INSTRUCTIONS FOR THE TASK. For each line in the data below that has the word "lemmas", copy that line.

———

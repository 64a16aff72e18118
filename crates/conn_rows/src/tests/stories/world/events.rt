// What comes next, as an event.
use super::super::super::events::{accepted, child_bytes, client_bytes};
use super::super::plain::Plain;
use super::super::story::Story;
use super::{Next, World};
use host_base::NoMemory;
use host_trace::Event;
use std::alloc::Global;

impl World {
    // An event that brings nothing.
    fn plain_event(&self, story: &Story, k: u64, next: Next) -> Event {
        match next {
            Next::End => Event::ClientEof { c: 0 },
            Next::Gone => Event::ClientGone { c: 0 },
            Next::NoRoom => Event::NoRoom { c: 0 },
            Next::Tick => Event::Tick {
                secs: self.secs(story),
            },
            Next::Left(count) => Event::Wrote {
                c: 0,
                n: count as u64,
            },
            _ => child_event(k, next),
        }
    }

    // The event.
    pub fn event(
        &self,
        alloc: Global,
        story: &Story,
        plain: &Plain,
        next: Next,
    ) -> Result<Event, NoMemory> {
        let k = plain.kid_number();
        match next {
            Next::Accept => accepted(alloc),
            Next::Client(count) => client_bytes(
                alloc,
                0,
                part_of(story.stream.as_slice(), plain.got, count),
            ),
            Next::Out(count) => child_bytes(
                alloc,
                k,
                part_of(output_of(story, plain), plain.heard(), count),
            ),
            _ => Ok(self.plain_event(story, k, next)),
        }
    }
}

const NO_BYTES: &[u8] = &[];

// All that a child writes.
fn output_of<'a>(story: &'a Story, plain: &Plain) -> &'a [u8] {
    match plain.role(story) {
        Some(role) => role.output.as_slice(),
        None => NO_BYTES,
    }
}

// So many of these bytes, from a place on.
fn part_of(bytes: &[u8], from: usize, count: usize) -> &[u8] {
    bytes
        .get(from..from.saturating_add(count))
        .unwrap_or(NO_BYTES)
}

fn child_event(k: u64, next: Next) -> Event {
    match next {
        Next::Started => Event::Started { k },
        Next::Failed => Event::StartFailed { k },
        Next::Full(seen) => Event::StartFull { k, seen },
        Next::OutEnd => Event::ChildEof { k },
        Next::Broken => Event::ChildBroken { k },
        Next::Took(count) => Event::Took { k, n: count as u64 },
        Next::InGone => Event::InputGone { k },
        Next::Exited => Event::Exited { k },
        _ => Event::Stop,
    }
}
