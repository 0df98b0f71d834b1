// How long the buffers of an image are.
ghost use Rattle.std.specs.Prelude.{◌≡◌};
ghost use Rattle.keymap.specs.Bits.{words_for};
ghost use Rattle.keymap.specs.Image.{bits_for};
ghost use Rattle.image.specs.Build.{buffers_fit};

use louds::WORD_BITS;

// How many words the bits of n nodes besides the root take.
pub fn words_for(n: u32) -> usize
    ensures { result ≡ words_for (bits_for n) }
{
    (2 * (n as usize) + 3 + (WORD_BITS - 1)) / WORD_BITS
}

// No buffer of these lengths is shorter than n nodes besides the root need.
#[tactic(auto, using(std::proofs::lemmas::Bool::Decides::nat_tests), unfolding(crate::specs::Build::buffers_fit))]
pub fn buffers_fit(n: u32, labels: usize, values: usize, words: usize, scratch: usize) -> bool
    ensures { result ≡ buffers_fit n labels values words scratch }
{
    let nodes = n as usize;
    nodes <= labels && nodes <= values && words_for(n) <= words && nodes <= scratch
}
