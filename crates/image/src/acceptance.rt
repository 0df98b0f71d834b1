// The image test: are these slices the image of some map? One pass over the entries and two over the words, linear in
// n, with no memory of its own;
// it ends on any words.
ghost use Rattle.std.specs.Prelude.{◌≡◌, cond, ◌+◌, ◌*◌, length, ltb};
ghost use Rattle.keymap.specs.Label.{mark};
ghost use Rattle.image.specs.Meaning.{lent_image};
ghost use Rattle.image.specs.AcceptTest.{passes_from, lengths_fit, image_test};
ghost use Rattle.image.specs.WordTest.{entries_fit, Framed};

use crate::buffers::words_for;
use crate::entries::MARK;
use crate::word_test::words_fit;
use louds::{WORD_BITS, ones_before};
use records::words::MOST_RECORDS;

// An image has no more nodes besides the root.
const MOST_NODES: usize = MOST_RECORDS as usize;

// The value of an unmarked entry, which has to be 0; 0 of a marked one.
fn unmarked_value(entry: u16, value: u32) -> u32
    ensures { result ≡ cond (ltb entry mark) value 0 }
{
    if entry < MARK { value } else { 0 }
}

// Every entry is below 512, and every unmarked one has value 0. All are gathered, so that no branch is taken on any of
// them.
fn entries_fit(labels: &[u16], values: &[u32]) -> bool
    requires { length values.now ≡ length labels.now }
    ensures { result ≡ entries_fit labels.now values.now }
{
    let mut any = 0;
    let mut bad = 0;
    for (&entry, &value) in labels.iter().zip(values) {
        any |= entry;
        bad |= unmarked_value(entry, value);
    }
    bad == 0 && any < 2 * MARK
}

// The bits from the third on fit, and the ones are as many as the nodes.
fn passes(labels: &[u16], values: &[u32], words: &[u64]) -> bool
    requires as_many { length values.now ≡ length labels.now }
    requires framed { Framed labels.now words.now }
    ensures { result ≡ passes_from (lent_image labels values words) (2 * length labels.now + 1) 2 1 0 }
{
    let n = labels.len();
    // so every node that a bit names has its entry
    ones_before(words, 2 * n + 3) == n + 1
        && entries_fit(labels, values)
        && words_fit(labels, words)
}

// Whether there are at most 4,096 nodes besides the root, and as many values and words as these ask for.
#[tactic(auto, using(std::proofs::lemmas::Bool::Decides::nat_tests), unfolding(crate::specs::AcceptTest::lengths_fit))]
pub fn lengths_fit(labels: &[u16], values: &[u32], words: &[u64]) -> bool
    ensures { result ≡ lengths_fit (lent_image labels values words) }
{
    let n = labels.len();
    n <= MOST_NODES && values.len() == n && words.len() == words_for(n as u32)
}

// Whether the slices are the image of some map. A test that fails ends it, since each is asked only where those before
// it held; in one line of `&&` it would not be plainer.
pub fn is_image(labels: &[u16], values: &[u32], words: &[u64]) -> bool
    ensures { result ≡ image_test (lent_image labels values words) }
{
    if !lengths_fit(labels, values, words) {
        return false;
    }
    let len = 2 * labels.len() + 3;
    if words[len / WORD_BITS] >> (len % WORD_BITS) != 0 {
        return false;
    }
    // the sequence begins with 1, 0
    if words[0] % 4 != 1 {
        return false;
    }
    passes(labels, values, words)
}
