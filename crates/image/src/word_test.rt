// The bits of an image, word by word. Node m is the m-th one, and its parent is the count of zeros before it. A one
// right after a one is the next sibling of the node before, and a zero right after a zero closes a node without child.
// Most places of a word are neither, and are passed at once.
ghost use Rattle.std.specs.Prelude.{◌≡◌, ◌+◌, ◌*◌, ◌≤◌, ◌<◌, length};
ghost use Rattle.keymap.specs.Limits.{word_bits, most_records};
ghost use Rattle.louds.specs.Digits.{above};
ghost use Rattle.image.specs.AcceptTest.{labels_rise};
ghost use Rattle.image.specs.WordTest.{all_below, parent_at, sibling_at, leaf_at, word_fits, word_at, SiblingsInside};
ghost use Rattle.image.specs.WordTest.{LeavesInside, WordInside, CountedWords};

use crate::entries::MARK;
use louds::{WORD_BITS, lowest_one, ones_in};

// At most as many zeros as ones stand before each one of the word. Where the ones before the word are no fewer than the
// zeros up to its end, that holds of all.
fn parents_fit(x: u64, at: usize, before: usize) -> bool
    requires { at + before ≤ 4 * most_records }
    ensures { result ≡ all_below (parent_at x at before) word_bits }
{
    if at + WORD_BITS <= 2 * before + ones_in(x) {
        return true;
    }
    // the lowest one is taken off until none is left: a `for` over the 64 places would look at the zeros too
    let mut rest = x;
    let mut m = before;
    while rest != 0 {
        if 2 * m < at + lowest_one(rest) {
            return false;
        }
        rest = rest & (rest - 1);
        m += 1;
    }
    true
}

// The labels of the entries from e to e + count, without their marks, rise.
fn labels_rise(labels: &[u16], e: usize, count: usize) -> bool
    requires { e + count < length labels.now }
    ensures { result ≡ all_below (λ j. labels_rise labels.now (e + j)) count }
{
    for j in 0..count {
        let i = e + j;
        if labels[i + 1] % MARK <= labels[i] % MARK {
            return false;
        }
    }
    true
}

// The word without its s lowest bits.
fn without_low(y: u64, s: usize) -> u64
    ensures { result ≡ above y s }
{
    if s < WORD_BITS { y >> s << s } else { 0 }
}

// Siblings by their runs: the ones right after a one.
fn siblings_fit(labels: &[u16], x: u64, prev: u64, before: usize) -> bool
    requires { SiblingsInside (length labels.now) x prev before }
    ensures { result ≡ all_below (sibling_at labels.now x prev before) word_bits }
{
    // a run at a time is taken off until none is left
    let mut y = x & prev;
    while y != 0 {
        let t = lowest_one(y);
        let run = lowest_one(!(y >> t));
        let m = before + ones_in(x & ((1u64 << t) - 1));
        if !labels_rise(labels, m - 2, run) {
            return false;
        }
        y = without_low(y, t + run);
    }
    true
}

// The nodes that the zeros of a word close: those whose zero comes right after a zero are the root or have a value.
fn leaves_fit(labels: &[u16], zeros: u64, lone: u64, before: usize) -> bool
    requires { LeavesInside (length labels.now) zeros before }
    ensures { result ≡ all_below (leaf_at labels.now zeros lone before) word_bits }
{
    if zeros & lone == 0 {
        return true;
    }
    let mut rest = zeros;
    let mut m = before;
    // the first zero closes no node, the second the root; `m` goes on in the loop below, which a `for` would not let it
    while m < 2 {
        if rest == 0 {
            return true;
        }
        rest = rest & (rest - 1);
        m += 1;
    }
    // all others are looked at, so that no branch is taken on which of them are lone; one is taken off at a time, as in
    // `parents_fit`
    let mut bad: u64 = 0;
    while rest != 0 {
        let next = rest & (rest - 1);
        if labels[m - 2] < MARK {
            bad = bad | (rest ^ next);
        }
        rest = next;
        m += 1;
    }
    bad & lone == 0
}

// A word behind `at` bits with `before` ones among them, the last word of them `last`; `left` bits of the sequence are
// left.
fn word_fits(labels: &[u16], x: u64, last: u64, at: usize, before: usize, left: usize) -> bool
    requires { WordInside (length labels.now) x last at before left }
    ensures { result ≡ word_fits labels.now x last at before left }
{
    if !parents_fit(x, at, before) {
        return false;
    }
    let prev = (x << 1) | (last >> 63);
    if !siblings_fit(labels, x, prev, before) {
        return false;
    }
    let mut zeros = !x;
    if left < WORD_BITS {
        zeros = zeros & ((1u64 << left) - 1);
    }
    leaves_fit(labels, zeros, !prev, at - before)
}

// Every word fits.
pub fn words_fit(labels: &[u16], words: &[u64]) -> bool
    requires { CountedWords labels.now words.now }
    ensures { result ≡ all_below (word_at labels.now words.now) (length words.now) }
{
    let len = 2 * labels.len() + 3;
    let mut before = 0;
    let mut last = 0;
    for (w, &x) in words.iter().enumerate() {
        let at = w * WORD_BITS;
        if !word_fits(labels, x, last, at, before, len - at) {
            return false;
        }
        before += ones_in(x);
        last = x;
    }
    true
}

———

ANSWER TO THE PROBLEM.
#[tactic(auto, using(std::proofs::lemmas::Bool::Decides::nat_tests), unfolding(crate::specs::Build::buffers_fit))]
#[tactic(auto, using(std::proofs::lemmas::Bool::Decides::nat_tests), unfolding(crate::specs::AcceptTest::lengths_fit))]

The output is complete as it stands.